Dataset entries:
########

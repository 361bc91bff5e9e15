//! The line of an input.

ghost use Rattle.std.specs.Prelude.{◌≡◌, IfOk};
ghost use Rattle.json.specs.Print.{quoted as quoted_text};
ghost use Rattle.serde_json.specs.Written.{compact_text};
ghost use Rattle.json_values.specs.Writing.{json_of as json_data};
ghost use Rattle.wdl_json.specs.Inputs.{member_name as name_of_member};
ghost use Rattle.input_form.specs.Form as spec;

use crate::literal::{is_literal, literal_of};
use crate::typed::type_text;
use json_values::json_of;
use serde_json::Value as Json;
use std::alloc::Global;
use wdl_typed::{TExpr, TInput};
use wdl_value::{Name, NoMemory, Text, Value, is_optional};

/// The member of a form for one input, with the byte of the document at which the input begins.
#[derive(Debug, Drop)]
pub struct Line {
    pub start: u32,
    pub text: Text,
}

/// The text as JSON.
fn quoted(alloc: Global, text: &Text) -> Result<Text, NoMemory>
    ensures { IfOk result (λ t. t ≡ quoted_text text.now) }
{
    let json = Json::try_from_str(alloc, text.as_str())?;
    Ok(Text::from_string(json.to_string(alloc)?))
}

/// The value as JSON.
fn value_text(alloc: Global, value: &Value) -> Result<Text, NoMemory>
    ensures { IfOk result (λ t. t ≡ compact_text (json_data value.now)) }
{
    let json = json_of(alloc, value)?;
    Ok(Text::from_string(json.to_string(alloc)?))
}

/// A literal as JSON.
#[tactic(auto, unfolding(crate::specs::Form::literal_text))]
fn literal_text(alloc: Global, literal: &TExpr) -> Result<Text, NoMemory>
    ensures { IfOk result (λ t. t ≡ spec.literal_text literal.now) }
{
    let value = literal_of(alloc, literal)?;
    value_text(alloc, &value)
}

fn with_literal(alloc: Global, ty: &Text, literal: &Text) -> Result<Text, NoMemory>
    ensures { IfOk result (λ t. t ≡ spec.with_literal ty.now literal.now) }
{
    let mut text = ty.copy(alloc)?;
    text.push_str(" (optional, default ")?;
    text.push_str(literal.as_str())?;
    text.push_ascii(b')')?;
    Ok(text)
}

#[tactic(auto, using(crate::proofs::Plain::plain))]
fn marked_optional(alloc: Global, ty: &Text) -> Result<Text, NoMemory>
    ensures { IfOk result (λ t. t ≡ spec.marked_optional ty.now) }
{
    let ty = ty.as_str();
    Ok(Text::from_string(format!(in alloc; "{ty} (optional)")?))
}

fn with_default(alloc: Global, ty: &Text, default: &TExpr) -> Result<Text, NoMemory>
    ensures { IfOk result (λ t. t ≡ spec.with_default ty.now default.now) }
{
    if is_literal(default) {
        let literal = literal_text(alloc, default)?;
        return with_literal(alloc, ty, &literal);
    }
    marked_optional(alloc, ty)
}

/// What a form says of an input.
fn input_text(alloc: Global, input: &TInput) -> Result<Text, NoMemory>
    ensures { IfOk result (λ t. t ≡ spec.input_text input.now) }
{
    let text = type_text(alloc, &input.ty)?;
    match &input.value {
        Some(default) => with_default(alloc, &text, default),
        None if is_optional(&input.ty) => marked_optional(alloc, &text),
        None => Ok(text),
    }
}

/// `workflow.input`
fn member_name(alloc: Global, flow: &Name, input: &Name) -> Result<Text, NoMemory>
    ensures { IfOk result (λ t. t ≡ name_of_member flow.now input.now) }
{
    let mut name = flow.to_text(alloc)?;
    name.push_ascii(b'.')?;
    name.push_str(input.as_str())?;
    Ok(name)
}

#[tactic(auto, using(crate::proofs::Plain::plain))]
fn member_text(alloc: Global, flow: &Name, input: &TInput) -> Result<Text, NoMemory>
    ensures { IfOk result (λ t. t ≡ spec.member_text flow.now input.now) }
{
    let name = member_name(alloc, flow, &input.name)?;
    let name = quoted(alloc, &name)?;
    let value = input_text(alloc, input)?;
    let value = quoted(alloc, &value)?;
    let name = name.as_str();
    let value = value.as_str();
    Ok(Text::from_string(format!(in alloc; "  {name}: {value}")?))
}

/// Returns the line of an input of that workflow.
pub fn line_of(alloc: Global, flow: &Name, input: &TInput) -> Result<Line, NoMemory>
    ensures { IfOk result (λ l. l ≡ spec.line_of flow.now input.now) }
{
    let text = member_text(alloc, flow, input)?;
    Ok(Line {
        start: input.span.start,
        text,
    })
}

########

In the answer, give the lines from the first line of the data through the line with "use crate::typed::type_text;", exactly as they appear and with no additions.

repository 361bc91bff5e9e15
//! The line of an input.

ghost use Rattle.std.specs.Prelude.{◌≡◌, IfOk};
ghost use Rattle.json.specs.Print.{quoted as quoted_text};
ghost use Rattle.serde_json.specs.Written.{compact_text};
ghost use Rattle.json_values.specs.Writing.{json_of as json_data};
ghost use Rattle.wdl_json.specs.Inputs.{member_name as name_of_member};
ghost use Rattle.input_form.specs.Form as spec;

use crate::literal::{is_literal, literal_of};
use crate::typed::type_text;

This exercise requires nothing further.